(Stored records)
┄┄┄┄┄┄┄┄┄┄┄┄┄┄┄┄┄┄┄┄
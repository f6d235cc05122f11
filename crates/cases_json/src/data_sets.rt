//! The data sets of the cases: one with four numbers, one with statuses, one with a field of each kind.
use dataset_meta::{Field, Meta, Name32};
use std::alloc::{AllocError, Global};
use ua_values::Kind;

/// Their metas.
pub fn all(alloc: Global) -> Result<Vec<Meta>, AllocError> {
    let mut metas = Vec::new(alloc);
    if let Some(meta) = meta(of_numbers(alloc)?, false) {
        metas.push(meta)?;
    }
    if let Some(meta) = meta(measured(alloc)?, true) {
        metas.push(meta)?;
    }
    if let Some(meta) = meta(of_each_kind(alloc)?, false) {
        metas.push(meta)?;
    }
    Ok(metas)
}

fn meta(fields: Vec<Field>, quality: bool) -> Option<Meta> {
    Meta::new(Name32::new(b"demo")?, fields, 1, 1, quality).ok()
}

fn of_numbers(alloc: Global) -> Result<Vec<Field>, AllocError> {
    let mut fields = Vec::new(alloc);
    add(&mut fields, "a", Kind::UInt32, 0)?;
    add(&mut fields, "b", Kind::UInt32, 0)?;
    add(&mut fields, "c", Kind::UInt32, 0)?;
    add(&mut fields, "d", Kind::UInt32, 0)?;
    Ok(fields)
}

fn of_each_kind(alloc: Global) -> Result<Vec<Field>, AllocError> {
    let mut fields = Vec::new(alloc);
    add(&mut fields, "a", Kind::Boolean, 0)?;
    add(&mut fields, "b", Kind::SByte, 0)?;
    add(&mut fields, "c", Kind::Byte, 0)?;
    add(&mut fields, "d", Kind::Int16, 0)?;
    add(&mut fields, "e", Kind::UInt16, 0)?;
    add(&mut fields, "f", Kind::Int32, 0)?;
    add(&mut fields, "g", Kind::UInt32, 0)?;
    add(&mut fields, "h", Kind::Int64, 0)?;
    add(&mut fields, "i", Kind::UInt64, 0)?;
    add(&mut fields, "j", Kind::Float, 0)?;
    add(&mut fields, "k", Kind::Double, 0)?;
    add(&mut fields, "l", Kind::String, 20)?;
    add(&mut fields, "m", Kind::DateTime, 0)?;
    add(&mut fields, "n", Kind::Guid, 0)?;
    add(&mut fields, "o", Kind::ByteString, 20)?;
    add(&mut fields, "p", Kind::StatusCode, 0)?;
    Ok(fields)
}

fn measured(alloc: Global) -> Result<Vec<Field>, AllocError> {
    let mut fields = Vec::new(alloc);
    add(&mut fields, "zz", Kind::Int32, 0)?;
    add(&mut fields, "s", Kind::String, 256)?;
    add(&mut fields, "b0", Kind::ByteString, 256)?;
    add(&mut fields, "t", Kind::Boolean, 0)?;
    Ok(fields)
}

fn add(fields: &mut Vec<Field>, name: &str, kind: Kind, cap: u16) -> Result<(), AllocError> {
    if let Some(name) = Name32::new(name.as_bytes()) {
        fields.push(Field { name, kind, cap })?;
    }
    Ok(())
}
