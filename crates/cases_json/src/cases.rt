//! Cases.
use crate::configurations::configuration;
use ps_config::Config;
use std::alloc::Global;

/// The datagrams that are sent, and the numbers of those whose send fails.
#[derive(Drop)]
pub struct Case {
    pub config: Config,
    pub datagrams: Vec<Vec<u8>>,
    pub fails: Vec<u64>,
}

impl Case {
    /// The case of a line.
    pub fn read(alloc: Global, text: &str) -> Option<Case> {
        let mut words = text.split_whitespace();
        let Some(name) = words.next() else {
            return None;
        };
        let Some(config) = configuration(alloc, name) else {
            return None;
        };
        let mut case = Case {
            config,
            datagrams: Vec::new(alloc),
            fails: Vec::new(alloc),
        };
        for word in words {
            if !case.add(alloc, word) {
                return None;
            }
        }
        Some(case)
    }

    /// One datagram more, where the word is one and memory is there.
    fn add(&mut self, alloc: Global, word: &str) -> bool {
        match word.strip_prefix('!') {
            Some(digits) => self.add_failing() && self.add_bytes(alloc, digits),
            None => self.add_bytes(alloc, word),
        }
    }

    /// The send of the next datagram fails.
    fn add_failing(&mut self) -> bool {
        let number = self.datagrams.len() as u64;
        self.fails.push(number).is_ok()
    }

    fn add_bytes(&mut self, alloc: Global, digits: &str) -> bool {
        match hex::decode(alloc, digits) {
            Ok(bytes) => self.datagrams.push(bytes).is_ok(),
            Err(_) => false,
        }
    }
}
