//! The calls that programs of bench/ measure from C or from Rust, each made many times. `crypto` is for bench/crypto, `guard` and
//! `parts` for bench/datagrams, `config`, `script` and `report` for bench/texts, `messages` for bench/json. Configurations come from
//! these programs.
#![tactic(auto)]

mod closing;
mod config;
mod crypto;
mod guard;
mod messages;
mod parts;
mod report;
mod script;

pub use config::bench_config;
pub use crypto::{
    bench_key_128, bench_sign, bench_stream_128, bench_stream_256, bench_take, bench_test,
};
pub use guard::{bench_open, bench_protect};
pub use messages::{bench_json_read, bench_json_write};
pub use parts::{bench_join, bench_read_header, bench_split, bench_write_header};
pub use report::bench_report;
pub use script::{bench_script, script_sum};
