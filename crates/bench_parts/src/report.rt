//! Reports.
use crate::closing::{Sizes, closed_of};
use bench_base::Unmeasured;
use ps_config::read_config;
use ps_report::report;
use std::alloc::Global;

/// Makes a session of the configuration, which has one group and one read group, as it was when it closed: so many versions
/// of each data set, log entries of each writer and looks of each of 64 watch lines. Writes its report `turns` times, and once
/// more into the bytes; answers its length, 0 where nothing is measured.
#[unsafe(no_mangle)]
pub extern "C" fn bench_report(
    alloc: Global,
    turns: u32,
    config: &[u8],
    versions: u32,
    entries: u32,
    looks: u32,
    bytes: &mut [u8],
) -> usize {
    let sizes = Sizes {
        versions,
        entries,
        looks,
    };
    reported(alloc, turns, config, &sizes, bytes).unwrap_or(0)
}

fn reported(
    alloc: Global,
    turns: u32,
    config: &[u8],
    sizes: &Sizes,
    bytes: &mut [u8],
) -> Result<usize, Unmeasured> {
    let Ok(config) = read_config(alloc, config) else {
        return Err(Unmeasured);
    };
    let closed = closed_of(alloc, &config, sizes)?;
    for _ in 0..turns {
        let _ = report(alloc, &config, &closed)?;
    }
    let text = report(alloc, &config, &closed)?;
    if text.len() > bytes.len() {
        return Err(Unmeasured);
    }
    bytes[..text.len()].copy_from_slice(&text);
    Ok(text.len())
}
┄┄┄┄┄┄┄┄┄┄┄┄┄┄┄┄┄┄┄┄
What you should do => Please copy the line that contains "let _ = report(alloc, &config, &closed)?;" and each line after it through the end of the records, exactly, and no other lines.

Written response =>
        let _ = report(alloc, &config, &closed)?;
    }
    let text = report(alloc, &config, &closed)?;
    if text.len() > bytes.len() {
        return Err(Unmeasured);
    }
    bytes[..text.len()].copy_from_slice(&text);
    Ok(text.len())
}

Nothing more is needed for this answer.